BRIEF =
Some lines below hold "ensures". Pick them out and copy them.

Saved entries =
-.-.-
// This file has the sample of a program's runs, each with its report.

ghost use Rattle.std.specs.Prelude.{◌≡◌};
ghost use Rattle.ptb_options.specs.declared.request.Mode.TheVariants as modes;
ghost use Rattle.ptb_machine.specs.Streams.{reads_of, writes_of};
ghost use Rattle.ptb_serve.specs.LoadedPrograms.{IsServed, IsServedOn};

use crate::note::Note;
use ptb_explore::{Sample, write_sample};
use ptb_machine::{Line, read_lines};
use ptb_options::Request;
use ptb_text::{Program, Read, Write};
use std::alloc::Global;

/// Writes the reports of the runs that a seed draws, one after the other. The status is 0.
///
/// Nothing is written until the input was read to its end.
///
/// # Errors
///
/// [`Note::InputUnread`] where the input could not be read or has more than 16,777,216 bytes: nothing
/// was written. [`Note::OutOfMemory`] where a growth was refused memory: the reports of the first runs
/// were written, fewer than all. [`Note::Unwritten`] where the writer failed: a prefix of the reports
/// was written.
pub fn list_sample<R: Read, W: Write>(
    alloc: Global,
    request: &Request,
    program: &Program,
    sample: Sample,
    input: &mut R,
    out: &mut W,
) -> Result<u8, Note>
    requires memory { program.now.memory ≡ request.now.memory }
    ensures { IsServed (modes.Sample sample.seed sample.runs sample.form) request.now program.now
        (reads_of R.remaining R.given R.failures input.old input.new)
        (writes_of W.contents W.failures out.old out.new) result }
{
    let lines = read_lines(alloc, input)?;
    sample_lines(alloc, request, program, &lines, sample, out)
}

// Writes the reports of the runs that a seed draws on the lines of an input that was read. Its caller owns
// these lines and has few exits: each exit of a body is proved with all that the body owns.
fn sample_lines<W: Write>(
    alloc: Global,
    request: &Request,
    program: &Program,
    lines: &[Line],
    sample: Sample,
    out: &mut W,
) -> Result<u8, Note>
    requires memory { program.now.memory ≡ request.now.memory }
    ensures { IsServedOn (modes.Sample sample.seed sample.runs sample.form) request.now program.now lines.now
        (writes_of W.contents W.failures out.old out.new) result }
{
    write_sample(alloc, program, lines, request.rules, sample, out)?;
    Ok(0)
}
-.-.-
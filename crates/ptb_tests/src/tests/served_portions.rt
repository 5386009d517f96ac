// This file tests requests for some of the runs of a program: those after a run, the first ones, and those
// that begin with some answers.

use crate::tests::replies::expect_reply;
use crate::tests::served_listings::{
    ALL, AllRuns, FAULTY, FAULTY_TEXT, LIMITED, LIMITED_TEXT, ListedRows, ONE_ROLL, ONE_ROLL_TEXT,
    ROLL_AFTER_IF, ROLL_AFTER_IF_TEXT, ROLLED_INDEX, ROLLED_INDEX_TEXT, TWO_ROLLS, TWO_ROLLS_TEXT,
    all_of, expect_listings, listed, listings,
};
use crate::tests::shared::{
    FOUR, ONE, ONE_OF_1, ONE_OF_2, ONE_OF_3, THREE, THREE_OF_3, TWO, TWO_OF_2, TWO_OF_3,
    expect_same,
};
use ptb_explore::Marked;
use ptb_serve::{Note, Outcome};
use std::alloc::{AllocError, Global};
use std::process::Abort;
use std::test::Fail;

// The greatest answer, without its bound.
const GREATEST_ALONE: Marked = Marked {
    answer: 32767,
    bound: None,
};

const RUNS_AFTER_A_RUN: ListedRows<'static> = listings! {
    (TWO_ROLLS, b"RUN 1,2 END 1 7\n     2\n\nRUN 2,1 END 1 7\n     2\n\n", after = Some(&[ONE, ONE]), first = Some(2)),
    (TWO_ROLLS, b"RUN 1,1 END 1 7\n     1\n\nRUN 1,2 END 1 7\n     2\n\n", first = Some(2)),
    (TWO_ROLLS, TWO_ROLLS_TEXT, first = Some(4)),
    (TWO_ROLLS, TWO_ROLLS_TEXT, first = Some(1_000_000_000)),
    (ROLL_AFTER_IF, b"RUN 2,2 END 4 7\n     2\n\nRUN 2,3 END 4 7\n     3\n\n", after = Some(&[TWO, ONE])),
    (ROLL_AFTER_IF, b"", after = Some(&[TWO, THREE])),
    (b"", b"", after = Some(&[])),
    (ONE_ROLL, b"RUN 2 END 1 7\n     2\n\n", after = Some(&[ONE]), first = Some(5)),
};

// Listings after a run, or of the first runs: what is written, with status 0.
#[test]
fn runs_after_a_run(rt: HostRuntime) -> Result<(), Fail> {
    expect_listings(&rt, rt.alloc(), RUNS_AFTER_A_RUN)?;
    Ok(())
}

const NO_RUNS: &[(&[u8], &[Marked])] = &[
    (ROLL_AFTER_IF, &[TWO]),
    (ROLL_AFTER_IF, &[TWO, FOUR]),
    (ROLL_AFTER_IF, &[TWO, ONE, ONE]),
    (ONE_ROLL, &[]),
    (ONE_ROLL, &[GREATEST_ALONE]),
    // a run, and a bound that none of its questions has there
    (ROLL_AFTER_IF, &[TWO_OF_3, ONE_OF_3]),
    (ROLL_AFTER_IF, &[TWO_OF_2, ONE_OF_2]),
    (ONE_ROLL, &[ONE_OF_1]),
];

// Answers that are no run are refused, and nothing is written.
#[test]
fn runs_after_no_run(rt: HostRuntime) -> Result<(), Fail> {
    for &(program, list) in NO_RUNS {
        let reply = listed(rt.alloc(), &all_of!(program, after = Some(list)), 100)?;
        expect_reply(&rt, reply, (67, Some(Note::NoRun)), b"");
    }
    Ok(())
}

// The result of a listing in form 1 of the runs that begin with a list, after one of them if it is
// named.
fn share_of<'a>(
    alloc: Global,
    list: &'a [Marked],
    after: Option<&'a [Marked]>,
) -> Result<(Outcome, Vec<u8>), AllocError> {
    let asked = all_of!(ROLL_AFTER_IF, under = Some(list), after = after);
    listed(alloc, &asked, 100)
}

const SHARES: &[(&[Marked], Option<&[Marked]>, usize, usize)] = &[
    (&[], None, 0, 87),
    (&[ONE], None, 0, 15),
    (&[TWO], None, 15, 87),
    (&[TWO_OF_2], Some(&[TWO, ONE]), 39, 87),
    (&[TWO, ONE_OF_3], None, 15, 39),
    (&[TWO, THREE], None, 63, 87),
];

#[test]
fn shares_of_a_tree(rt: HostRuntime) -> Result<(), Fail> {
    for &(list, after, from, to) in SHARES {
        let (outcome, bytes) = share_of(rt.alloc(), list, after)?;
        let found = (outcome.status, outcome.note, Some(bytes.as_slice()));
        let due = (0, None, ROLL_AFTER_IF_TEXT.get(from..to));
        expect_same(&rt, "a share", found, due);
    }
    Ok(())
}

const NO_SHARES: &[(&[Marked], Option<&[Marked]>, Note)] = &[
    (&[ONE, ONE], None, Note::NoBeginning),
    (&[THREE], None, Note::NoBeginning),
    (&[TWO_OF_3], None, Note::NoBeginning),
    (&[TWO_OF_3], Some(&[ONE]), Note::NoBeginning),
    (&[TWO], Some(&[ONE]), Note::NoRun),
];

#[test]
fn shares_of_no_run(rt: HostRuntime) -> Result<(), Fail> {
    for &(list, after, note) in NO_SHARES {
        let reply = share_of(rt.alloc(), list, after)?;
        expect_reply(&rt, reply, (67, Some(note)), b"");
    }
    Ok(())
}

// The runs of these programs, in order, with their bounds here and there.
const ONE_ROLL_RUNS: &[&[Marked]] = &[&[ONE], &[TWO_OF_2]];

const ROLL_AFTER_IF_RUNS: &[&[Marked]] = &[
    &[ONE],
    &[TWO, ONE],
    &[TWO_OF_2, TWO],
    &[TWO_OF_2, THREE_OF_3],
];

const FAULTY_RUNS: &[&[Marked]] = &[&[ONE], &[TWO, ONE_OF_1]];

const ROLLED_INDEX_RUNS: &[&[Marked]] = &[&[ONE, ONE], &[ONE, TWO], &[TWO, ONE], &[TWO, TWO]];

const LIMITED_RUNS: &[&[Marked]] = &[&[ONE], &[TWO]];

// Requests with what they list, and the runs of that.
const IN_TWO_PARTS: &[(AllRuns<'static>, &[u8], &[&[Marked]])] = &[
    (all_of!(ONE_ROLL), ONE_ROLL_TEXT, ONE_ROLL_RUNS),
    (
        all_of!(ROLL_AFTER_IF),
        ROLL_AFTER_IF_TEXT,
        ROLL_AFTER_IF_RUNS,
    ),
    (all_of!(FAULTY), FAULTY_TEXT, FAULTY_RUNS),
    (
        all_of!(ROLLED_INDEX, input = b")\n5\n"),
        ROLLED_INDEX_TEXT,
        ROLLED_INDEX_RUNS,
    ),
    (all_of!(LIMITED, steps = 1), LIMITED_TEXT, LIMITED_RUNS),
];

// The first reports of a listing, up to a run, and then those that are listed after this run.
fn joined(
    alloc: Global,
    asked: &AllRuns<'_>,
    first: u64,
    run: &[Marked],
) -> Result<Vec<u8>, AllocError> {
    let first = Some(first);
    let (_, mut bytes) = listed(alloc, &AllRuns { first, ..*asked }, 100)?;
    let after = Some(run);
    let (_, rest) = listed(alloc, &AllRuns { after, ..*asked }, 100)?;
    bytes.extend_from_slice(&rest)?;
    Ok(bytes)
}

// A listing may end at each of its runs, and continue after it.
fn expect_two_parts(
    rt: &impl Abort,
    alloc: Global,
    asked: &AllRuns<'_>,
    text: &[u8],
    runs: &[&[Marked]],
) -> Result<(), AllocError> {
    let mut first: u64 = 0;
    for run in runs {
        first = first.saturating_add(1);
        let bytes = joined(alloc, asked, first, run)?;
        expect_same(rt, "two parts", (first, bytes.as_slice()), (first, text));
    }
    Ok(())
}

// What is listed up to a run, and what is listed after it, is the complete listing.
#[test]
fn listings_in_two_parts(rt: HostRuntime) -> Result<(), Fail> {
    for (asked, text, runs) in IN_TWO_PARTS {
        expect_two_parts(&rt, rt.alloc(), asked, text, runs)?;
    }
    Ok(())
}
-.-.-
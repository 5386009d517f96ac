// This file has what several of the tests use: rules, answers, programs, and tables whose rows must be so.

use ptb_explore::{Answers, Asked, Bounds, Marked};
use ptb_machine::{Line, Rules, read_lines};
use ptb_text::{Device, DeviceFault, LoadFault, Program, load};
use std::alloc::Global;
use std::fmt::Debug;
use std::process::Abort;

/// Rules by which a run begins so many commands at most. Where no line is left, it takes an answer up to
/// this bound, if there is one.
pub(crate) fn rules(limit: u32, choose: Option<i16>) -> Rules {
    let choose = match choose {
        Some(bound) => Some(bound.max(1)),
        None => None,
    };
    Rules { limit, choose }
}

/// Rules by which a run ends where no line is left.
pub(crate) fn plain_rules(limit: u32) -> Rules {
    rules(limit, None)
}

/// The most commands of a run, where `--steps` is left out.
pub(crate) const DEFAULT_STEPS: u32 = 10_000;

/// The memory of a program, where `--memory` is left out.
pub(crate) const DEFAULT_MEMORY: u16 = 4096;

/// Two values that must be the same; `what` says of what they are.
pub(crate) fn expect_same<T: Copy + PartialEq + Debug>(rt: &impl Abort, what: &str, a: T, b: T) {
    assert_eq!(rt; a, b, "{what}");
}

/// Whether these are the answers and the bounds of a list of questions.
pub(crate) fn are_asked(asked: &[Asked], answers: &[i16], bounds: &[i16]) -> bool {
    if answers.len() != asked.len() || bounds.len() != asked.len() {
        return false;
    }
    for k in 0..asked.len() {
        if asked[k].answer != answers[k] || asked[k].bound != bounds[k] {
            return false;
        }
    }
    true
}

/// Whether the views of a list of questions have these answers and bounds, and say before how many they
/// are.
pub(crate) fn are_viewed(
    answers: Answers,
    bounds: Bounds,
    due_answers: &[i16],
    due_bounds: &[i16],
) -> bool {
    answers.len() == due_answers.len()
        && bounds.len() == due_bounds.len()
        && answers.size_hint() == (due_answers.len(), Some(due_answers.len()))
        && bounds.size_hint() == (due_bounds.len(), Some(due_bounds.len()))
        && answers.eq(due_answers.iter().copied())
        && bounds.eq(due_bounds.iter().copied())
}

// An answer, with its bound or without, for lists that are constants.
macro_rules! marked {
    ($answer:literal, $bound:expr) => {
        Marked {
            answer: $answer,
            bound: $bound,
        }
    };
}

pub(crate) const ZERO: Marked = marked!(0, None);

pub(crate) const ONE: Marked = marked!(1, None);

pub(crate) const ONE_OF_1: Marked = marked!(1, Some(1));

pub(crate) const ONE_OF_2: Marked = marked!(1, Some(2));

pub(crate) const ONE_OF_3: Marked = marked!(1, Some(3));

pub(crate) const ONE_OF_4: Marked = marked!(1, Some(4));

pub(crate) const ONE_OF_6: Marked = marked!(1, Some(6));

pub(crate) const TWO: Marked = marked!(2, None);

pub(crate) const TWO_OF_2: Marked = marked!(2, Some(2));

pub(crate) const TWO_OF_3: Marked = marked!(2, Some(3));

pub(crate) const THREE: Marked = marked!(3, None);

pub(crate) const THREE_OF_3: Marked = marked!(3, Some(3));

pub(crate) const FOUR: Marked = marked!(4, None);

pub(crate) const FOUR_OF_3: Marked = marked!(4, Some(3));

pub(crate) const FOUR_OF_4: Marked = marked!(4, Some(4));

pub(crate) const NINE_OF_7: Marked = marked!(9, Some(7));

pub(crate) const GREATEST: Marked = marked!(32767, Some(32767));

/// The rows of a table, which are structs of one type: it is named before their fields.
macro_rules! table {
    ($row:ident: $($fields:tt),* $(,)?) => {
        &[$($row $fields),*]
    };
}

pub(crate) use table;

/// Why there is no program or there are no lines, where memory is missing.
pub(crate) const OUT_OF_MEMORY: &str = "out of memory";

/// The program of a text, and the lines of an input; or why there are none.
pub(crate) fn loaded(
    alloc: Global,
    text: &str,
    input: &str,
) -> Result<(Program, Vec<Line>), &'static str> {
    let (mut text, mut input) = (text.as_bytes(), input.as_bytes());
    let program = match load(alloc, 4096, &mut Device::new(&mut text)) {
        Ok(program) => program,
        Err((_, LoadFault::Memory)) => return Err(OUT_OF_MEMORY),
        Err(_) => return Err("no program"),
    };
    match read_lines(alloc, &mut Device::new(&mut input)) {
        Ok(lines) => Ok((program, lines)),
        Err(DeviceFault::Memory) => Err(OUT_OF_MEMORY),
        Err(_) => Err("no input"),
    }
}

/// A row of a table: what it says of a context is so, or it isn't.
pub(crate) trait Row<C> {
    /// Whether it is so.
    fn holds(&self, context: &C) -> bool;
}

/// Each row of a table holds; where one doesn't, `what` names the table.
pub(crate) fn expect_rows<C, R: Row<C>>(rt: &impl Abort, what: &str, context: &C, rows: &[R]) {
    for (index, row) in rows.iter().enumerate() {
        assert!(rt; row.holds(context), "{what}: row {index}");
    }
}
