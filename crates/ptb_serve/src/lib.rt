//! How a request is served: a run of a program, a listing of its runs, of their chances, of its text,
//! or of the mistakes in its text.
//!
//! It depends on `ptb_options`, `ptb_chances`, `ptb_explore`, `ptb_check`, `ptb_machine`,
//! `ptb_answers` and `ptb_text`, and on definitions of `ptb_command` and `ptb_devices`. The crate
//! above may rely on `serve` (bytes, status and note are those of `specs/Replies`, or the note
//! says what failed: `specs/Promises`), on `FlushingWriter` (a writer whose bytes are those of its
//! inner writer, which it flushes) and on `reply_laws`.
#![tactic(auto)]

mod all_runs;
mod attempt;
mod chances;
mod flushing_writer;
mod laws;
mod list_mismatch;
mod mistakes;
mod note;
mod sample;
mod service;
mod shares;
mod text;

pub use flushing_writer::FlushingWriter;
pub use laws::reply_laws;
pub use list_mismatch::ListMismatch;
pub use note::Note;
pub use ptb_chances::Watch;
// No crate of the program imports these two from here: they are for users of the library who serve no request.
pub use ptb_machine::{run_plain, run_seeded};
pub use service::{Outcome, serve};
-.-.-
ANSWER TO THIS PROBLEM =
    ensures { IsServed (modes.Sample sample.seed sample.runs sample.form) request.now program.now
    ensures { IsServedOn (modes.Sample sample.seed sample.runs sample.form) request.now program.now lines.now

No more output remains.